I can see the £s in front of their faces, think how much they could borrow against a whole lot of development land. For I suspect that if they can stop the Local Authorities making a compulsory purchase grab for it they will not give up the freehold but hold on to it, thus getting property value lease rents instead of farmland. And even if it is compulsory purchased they can all close their expensive-to-run estate departments down. All short term £s and ps these days. No looking ahead. 

However the ENTIRE Arc project relies on some very false logic 

1) Development land in Cambridge/Oxford itself is in very short supply and very high demand because in both cases it surrounds a beautiful tiny city and yet in a lovely rural area.

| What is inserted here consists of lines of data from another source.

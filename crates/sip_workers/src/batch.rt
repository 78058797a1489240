//! What goes through the channel.

/// A batch of jobs: the place of its first job, and how many there are. A batch of none says that
/// no more come.
#[derive(Clone, Copy, Debug, PartialEq, Eq)]
pub(crate) struct Batch {
    pub(crate) first: usize,
    pub(crate) count: usize,
}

So development land multiplied up to an acres costs £6M per acre compared to farmland at say £20K max per acre.

2) – So if we make hundreds of square miles MORE of it into development land, right out into far cheaper property areas like Milton Keynes and  Bedford, provided it is joined on to Ox and Cam at each end then it will STILL all be worth £6M per acre and we will be RICH

3) – and when Oxford and Cambridge have vanished into a huge urban conurbation of acres and acres of brand new tacky houses and all the countryside has gone and the medieval centres are miles from any countryside it will STILL all be worth £6M per acre…….

………AH!!! Maybe not…..!   I don’t know at what point they will realise this problem. 

Unless of course they can continue to fool absent investors into thinking they are buying houses in either Oxford or Cambridge.